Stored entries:
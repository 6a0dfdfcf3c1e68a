// Tables in lent words: a count, rows of any width, and zeros to the end of the room.
#![tactic(auto)]

ghost use Rattle.std.specs.Prelude.{◌≡◌, List, [], ◌∷◌, ◌++◌, ℕ, ◌+◌, ◌*◌, ◌-◌, ◌<◌, ◌≤◌, not, eqb, length, get_or, take, replicate, IfSome};
ghost use Rattle.rules.specs.Lists.{bit_of, has, strike};
ghost use Rattle.tables.specs.Rows.{table, id_table, insert_at, remove_at, Rising, place_of, find_row, without, Row, words_in, key_in};
ghost use Rattle.shifts.specs.Moved.{moved_down};

// ---- Rows of w words, with room for cap of them

// A row of zeros more, at j: past the last one it stands already.
pub fn open_row(t: &mut [u64], w: usize, cap: usize, j: usize)
    requires { (length t.old ≡ 1 + cap * w) × (cap < 4096) × (w < 4096) }
    ensures { (rs : List (Row w)) (z : Row w) → t.old ≡ table words_in w cap rs → length rs < cap → j ≤ length rs → z.words ≡ replicate w 0 →
        t.new ≡ table words_in w cap (insert_at rs j z) }
{
    let n = t[0] as usize;
    if cap <= n {
        return;
    }
    if n < j {
        return;
    }
    if j == n {
        t[0] = (n + 1) as u64;
        return;
    }
    let a = 1 + j * w;
    let e = 1 + n * w;
    shifts::open_gap(t, a, e, w);
    t[0] = (n + 1) as u64;
}

// The row at j is taken out, and the last row's room is zeroed.
pub fn remove_row(t: &mut [u64], w: usize, cap: usize, j: usize)
    requires { (length t.old ≡ 1 + cap * w) × (cap < 4096) × (w < 4096) }
    ensures { (rs : List (Row w)) → t.old ≡ table words_in w cap rs → length rs ≤ cap → j < length rs →
        t.new ≡ table words_in w cap (remove_at rs j) }
{
    let n = t[0] as usize;
    if cap < n {
        return;
    }
    if n <= j {
        return;
    }
    let a = 1 + j * w;
    let e = 1 + n * w;
    shifts::close_gap(t, a, e, w);
    t[0] = (n - 1) as u64;
}

// How many rows the count names, and no more than there is room for.
fn rows_within(t: &[u64], cap: usize) -> usize
    requires { 0 < length t.now }
    ensures { (result ≤ cap) × (get_or t.now 0 0 ≤ cap → result ≡ get_or t.now 0 0) }
{
    (t[0] as usize).min(cap)
}

// Where the key k stands, or goes, by halves.
pub fn place_of(t: &[u64], w: usize, cap: usize, k: u64) -> usize
    requires { (length t.now ≡ 1 + cap * w) × (cap < 4096) × (0 < w) × (w < 4096) }
    ensures { (result ≤ cap) × ((rs : List (Row w)) → t.now ≡ table words_in w cap rs → length rs ≤ cap → Rising key_in rs →
        result ≡ place_of key_in k rs) }
{
    let mut lo: usize = 0;
    let mut hi = rows_within(t, cap);
    while lo < hi {
        let mid = lo + (hi - lo) / 2;
        if t[1 + mid * w] < k {
            lo = mid + 1;
        } else {
            hi = mid;
        }
    }
    lo
}

// The row of the key k, by halves of the n rows from lo on.
// By hand: the library searches the elements of a slice, and these rows are several words wide.
pub fn find_row(t: &[u64], w: usize, cap: usize, k: u64) -> Option<usize>
    requires { (length t.now ≡ 1 + cap * w) × (cap < 4096) × (0 < w) × (w < 4096) }
    ensures room { IfSome result (λ i. i < cap) }
    ensures found { (rs : List (Row w)) → t.now ≡ table words_in w cap rs → length rs ≤ cap → Rising key_in rs → result ≡ find_row key_in k rs }
{
    let mut lo: usize = 0;
    let mut n = rows_within(t, cap);
    while 0 < n {
        let half = n / 2;
        let mid = lo + half;
        let there = t[1 + mid * w];
        if there == k {
            return Some(mid);
        }
        if there < k {
            lo = mid + 1;
            n -= half + 1;
        } else {
            n = half;
        }
    }
    None
}

// The same one row after another: of a few rows the compiler knows each one's place, and no look waits for the count.
pub fn find_among_few(t: &[u64], w: usize, cap: usize, k: u64) -> Option<usize>
    requires { (length t.now ≡ 1 + cap * w) × (cap < 4096) × (0 < w) × (w < 4096) }
    ensures room { IfSome result (λ i. i < cap) }
    ensures found { (rs : List (Row w)) → t.now ≡ table words_in w cap rs → length rs ≤ cap → Rising key_in rs → result ≡ find_row key_in k rs }
{
    let n = rows_within(t, cap);
    for i in 0..n {
        if t[1 + i * w] == k {
            return Some(i);
        }
    }
    None
}

// Row i goes to place k, unless its key is x: the next place.
fn keep_row(t: &mut [u64], w: usize, k: usize, i: usize, x: u64) -> usize
    requires { (k ≤ i) × (1 + i * w + w ≤ length t.old) × (0 < w) × (i < 4096) × (w < 4096) }
    ensures { (result ≤ k + 1) × (result ≡ k + bit_of (not (eqb (get_or t.old (1 + i * w) 0) x))) × (t.new ≡ moved_down t.old (1 + i * w) (1 + i * w + w) ((i - k) * w)) }
{
    let a = 1 + i * w;
    let e = a + w;
    let key = t[a];
    shifts::shift_down(t, a, e, (i - k) * w);
    if key == x {
        return k;
    }
    k + 1
}

// The rows of the key x are taken out, and the room that they leave is zeroed.
pub fn drop_rows(t: &mut [u64], w: usize, cap: usize, x: u64)
    requires { (length t.old ≡ 1 + cap * w) × (cap < 4096) × (0 < w) × (w < 4096) }
    ensures { (rs : List (Row w)) → t.old ≡ table words_in w cap rs → length rs ≤ cap →
        t.new ≡ table words_in w cap (without key_in x rs) }
{
    let n = rows_within(t, cap);
    let mut k: usize = 0;
    for i in 0..n {
        k = keep_row(t, w, k, i, x);
    }
    let a = 1 + k * w;
    let e = 1 + n * w;
    shifts::clear(&mut t[a..e]);
    t[0] = k as u64;
}

// No row stays, and the room of those that stood is zeroed.
pub fn empty(t: &mut [u64], w: usize, cap: usize)
    requires { (length t.old ≡ 1 + cap * w) × (cap < 4096) × (w < 4096) }
    ensures { (rs : List (Row w)) → t.old ≡ table words_in w cap rs → length rs ≤ cap → t.new ≡ replicate (length t.old) 0 }
{
    let n = rows_within(t, cap);
    if n == 0 {
        return;
    }
    let e = 1 + n * w;
    shifts::clear(&mut t[0..e]);
}

// ---- Lists of ids: rows of one word

pub fn push(t: &mut [u64], cap: usize, x: u64)
    requires { (length t.old ≡ 1 + cap) × (cap < 4096) }
    ensures { (l : List ℕ) → t.old ≡ id_table cap l → length l < cap → t.new ≡ id_table cap (l ++ x ∷ []) }
{
    let n = t[0] as usize;
    if cap <= n {
        return;
    }
    t[1 + n] = x;
    t[0] = (n + 1) as u64;
}

// Every id is looked at, with no way out before the last: so several are compared at a time, which a slice's `contains` does not do.
pub fn contains(t: &[u64], cap: usize, x: u64) -> bool
    requires { (length t.now ≡ 1 + cap) × (cap < 4096) }
    ensures { (l : List ℕ) → t.now ≡ id_table cap l → length l ≤ cap → result ≡ has x l }
{
    let n = rows_within(t, cap);
    let mut found = false;
    for i in 0..n {
        found = found | (t[1 + i] == x);
    }
    found
}

// Only the first n ids stay, and the room of the others is zeroed.
pub fn cut(t: &mut [u64], cap: usize, n: usize)
    requires { (length t.old ≡ 1 + cap) × (cap < 4096) }
    ensures { (l : List ℕ) → t.old ≡ id_table cap l → length l ≤ cap → n ≤ length l → t.new ≡ id_table cap (take n l) }
{
    let all = t[0] as usize;
    if cap < all {
        return;
    }
    if all < n {
        return;
    }
    let a = 1 + n;
    let e = 1 + all;
    shifts::clear(&mut t[a..e]);
    t[0] = n as u64;
}

// An id is struck: those after it close ranks.
pub fn strike_id(t: &mut [u64], cap: usize, x: u64)
    requires { (length t.old ≡ 1 + cap) × (cap < 4096) }
    ensures { (l : List ℕ) → t.old ≡ id_table cap l → length l ≤ cap → t.new ≡ id_table cap (strike x l) }
{
    let n = rows_within(t, cap);
    let mut k: usize = 0;
    for i in 0..n {
        let y = t[1 + i];
        t[1 + k] = y;
        if y != x {
            k += 1;
        }
    }
    cut(t, cap, k);
}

TASK TO CARRY OUT: When copying the data above, please keep exactly the lines from its first line through the line with "room is zeroed.", both ends included, and drop the rest.

YOUR RESPONSE:
repository 6a0dfdfcf3c1e68a
// Tables in lent words: a count, rows of any width, and zeros to the end of the room.
#![tactic(auto)]

ghost use Rattle.std.specs.Prelude.{◌≡◌, List, [], ◌∷◌, ◌++◌, ℕ, ◌+◌, ◌*◌, ◌-◌, ◌<◌, ◌≤◌, not, eqb, length, get_or, take, replicate, IfSome};
ghost use Rattle.rules.specs.Lists.{bit_of, has, strike};
ghost use Rattle.tables.specs.Rows.{table, id_table, insert_at, remove_at, Rising, place_of, find_row, without, Row, words_in, key_in};
ghost use Rattle.shifts.specs.Moved.{moved_down};

// ---- Rows of w words, with room for cap of them

// A row of zeros more, at j: past the last one it stands already.
pub fn open_row(t: &mut [u64], w: usize, cap: usize, j: usize)
    requires { (length t.old ≡ 1 + cap * w) × (cap < 4096) × (w < 4096) }
    ensures { (rs : List (Row w)) (z : Row w) → t.old ≡ table words_in w cap rs → length rs < cap → j ≤ length rs → z.words ≡ replicate w 0 →
        t.new ≡ table words_in w cap (insert_at rs j z) }
{
    let n = t[0] as usize;
    if cap <= n {
        return;
    }
    if n < j {
        return;
    }
    if j == n {
        t[0] = (n + 1) as u64;
        return;
    }
    let a = 1 + j * w;
    let e = 1 + n * w;
    shifts::open_gap(t, a, e, w);
    t[0] = (n + 1) as u64;
}

// The row at j is taken out, and the last row's room is zeroed.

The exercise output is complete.